I like what I have above. I used to run 2 Current-USA 10,000K's with the Giesemann bulbs and the aquarium looked nice this way too. I'd like to try the GE Starcoat 6500K bulbs. Hint, Hint!

You have to purchase 6 bulbs from Aqua Cave or you will get charged extra. Aquasythe only requires that you purchase at least 2 bulbs. They have a very good selection of bulbs at good prices too and they also carry the GE Starcoat 6500K: http://www.aquasythe.com/Department...cent-Aquarium-Lighting/T5-Aquarium-Bulbs.aspx


----------



## Left C (Jun 14, 2005)

Here are some other interesting T5HO bulbs. You might like the Purple Plus, RandallW201. Check out its description:
ATI Purple Plus: http://www.aquasythe.com/Products/ATI-Purple-Plus-T5-HO-Aquarium-Lamps__LT-ATI-1125.aspx

UVL AquaSun 10,000K (It is slightly pinkish in color.): http://www.aquasythe.com/Products/A...-Lamps-bybr-UV-Lighting-Co__LT-UVL-T5-AS.aspx

AquaMedic Plant Grow: http://www.aquasythe.com/Products/Plant-Grow-T5-Lamps-by-AquaMedic__LT-AM-T5-PL.aspx

GE Starcoat 6500K: http://www.aquasythe.com/Products/GE-Starcoat-6-500K-T5-HO-Fluorescent-Lamps__LT-GE-T5-6K.aspx

ZooMed Ultra Sun 6500K: http://www.bigalspets.com/Zoo-Med-Ultra-6500K-Lamp/dp/B003C5P88Y

ZooMed Ocean Sun 10,000K: http://www.bigalspets.com/Zoo-Med-Ocean-10000K-Lamp/dp/B003HD6506

ZooMed Flora Sun 5000K (pinkish): http://www.bigalspets.com/Zoo-Med-F...olor_map,price,size_name&searchRank=salesrank


----------



## RandallW201 (Jul 31, 2011)

Hmmmm.... y'all have given alot of options. I don't know what I'm gonna do


----------



## Left C (Jun 14, 2005)

A friend compared the Giesemann Midday 6000K and the GE Starcoat 6500K bulbs recently. He said that the Starcoat bulbs were much brighter than the Midday bulbs. He also said that comparing them side-by-side that the Midday has a dull, greenish hue.

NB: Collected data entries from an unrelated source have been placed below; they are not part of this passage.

// Each change of the world, and each taken back, with the numbers and weeks that tell of it.

ghost use Rattle.std.specs.Prelude.{◌≡◌, ◌<◌, ◌≤◌, ◌+◌, ◌++◌, ◌∷◌, [], true, IfOk, IsOk, OnOk, OnErr, IsTrue};
ghost use Rattle.sect_model.specs.Fits.{Fits};
ghost use Rattle.sect_numbers.specs.Quiet.{is_quiet as enrols_nobody};
ghost use Rattle.sect_space.specs.Back.{back_of, is_of_quiet};
ghost use Rattle.sect_space.specs.Made.{Made, Unchanged, Taken};
ghost use Rattle.sect_space.specs.Room.{HasPlace, KeepsUses, free_for};
ghost use Rattle.sect_space.specs.Undo.{takes_none};
ghost use Rattle.sect_space.specs.Undoing.{MadeBy};

use crate::back::Back;
use crate::undo::Undo;
use crate::world::World;
use sect_base::{CourseId, Memory, OfferingId, StudentId};
use sect_model::{Change, Enrolment};

impl World {
    /// Makes a change that fits, and records it behind the others. Where memory runs out, nothing is changed, and nothing
    /// recorded.
    pub(crate) fn make(&mut self, change: Change, undo: &mut Undo) -> Result<(), Memory>
        requires { Fits self.old.world change }
        ensures ok { OnOk result (Made self.old self.new change (back_of self.old.world change)) }
        ensures recorded { OnOk result (undo.new.backs ≡ undo.old.backs ++ back_of self.old.world change ∷ []) }
        ensures err { OnErr result (Unchanged self.old self.new) }
        ensures err_recorded { OnErr result (undo.new.backs ≡ undo.old.backs) }
        ensures uses { KeepsUses self.old self.new }
        ensures spare { undo.old.spare ≤ undo.new.spare + 1 }
        ensures enough { IsTrue (takes_none change) → HasPlace self.old change → 0 < undo.old.spare → IsOk result }
    {
        match change {
            Change::Enrol(enrolment) => {
                undo.reserve(1)?;
                let student = enrolment.student;
                let offering = self.enrol(enrolment)?;
                undo.push(Back::Enrolled(student, offering));
            }
            Change::Leave(student, course) => {
                undo.reserve(1)?;
                let back = self.leave(student, course);
                undo.push(back);
            }
            quiet => {
                undo.reserve(1)?;
                let back = self.change_quietly(quiet)?;
                undo.push(back);
            }
        }
        Ok(())
    }

    /// Makes a change that enrols nobody, and by which nobody leaves.
    fn change_quietly(&mut self, change: Change) -> Result<Back, Memory>
        requires fits { Fits self.old.world change }
        requires quiet { enrols_nobody change ≡ true }
        ensures ok { IfOk result (λ back. Made self.old self.new change back) }
        ensures err { OnErr result (Unchanged self.old self.new) }
        ensures uses { KeepsUses self.old self.new }
        ensures enough { IsTrue (takes_none change) → HasPlace self.old change → IsOk result }
    {
        self.numbers.add_rows(&change)?;
        self.weeks.add_rows(&change)?;
        self.parts.change(change)
    }

    /// Enrols a student, counts it, and hands back the offering. Where memory runs out, nothing changes.
    fn enrol(&mut self, enrolment: Enrolment) -> Result<Option<OfferingId>, Memory>
        requires { Fits self.old.world (Change.Enrol enrolment) }
        ensures ok { IfOk result (λ offering. Made self.old self.new (Change.Enrol enrolment) (Back.Enrolled enrolment.student offering)) }
        ensures err { OnErr result (Unchanged self.old self.new) }
        ensures uses { KeepsUses self.old self.new }
        ensures enough { 0 < free_for self.old enrolment.student.0 → IsOk result }
    {
        let offering = self.parts.enrol(&enrolment)?;
        self.parts
            .count_in(&mut self.numbers, &mut self.weeks, &enrolment, offering);
        Ok(offering)
    }

    /// Takes a student's enrolment in a course away, and counts it no more.
    fn leave(&mut self, student: StudentId, course: CourseId) -> Back
        requires { Fits self.old.world (Change.Leave student course) }
        ensures made { Made self.old self.new (Change.Leave student course) result }
        ensures uses { KeepsUses self.old self.new }
    {
        let (place, enrolment, offering) = self.parts.leave(student, course);
        self.parts
            .count_out(&mut self.numbers, &mut self.weeks, &enrolment);
        Back::Left(place, enrolment, offering)
    }

    /// Takes the last change back. It takes no memory.
    pub(crate) fn take_back(&mut self, back: Back)
        requires { MadeBy self.old back }
        ensures taken { Taken self.old self.new back }
        ensures uses { KeepsUses self.old self.new }
    {
        match back {
            Back::Enrolled(student, offering) => self.remove_enrolment(student, offering),
            Back::Left(place, enrolment, offering) => {
                self.put_enrolment_back(place, enrolment, offering)
            }
            quiet => self.take_back_quietly(quiet),
        }
    }

    /// Takes a change back that enrolled nobody, and by which nobody left.
    fn take_back_quietly(&mut self, back: Back)
        requires made { MadeBy self.old back }
        requires quiet { is_of_quiet back ≡ true }
        ensures taken { Taken self.old self.new back }
        ensures uses { KeepsUses self.old self.new }
    {
        self.parts.take_back(back);
    }

    /// Takes an enrolment that was made last back, and counts it no more.
    fn remove_enrolment(&mut self, student: StudentId, offering: Option<OfferingId>)
        requires { MadeBy self.old (Back.Enrolled student offering) }
        ensures taken { Taken self.old self.new (Back.Enrolled student offering) }
        ensures uses { KeepsUses self.old self.new }
    {
        let enrolment = self.parts.remove_enrolment(student, offering);
        self.parts
            .count_out(&mut self.numbers, &mut self.weeks, &enrolment);
    }

    /// Puts an enrolment that was taken away last back at its place, and counts it again.
    fn put_enrolment_back(
        &mut self,
        place: usize,
        enrolment: Enrolment,
        offering: Option<OfferingId>,
    )
        requires { MadeBy self.old (Back.Left place enrolment offering) }
        ensures taken { Taken self.old self.new (Back.Left place enrolment offering) }
        ensures uses { KeepsUses self.old self.new }
    {
        self.parts.put_enrolment_back(place, enrolment, offering);
        let own = self.parts.course_offering(enrolment.choice.course);
        self.parts
            .count_in(&mut self.numbers, &mut self.weeks, &enrolment, own);
    }
}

I'm going to get me some Starcoats.


----------



## RandallW201 (Jul 31, 2011)

I do agree with the fact that the Middays have a green hue, they have a good peak in the green spectrum.
I don't know anything about the Starcoats so post some pics up when you get some


----------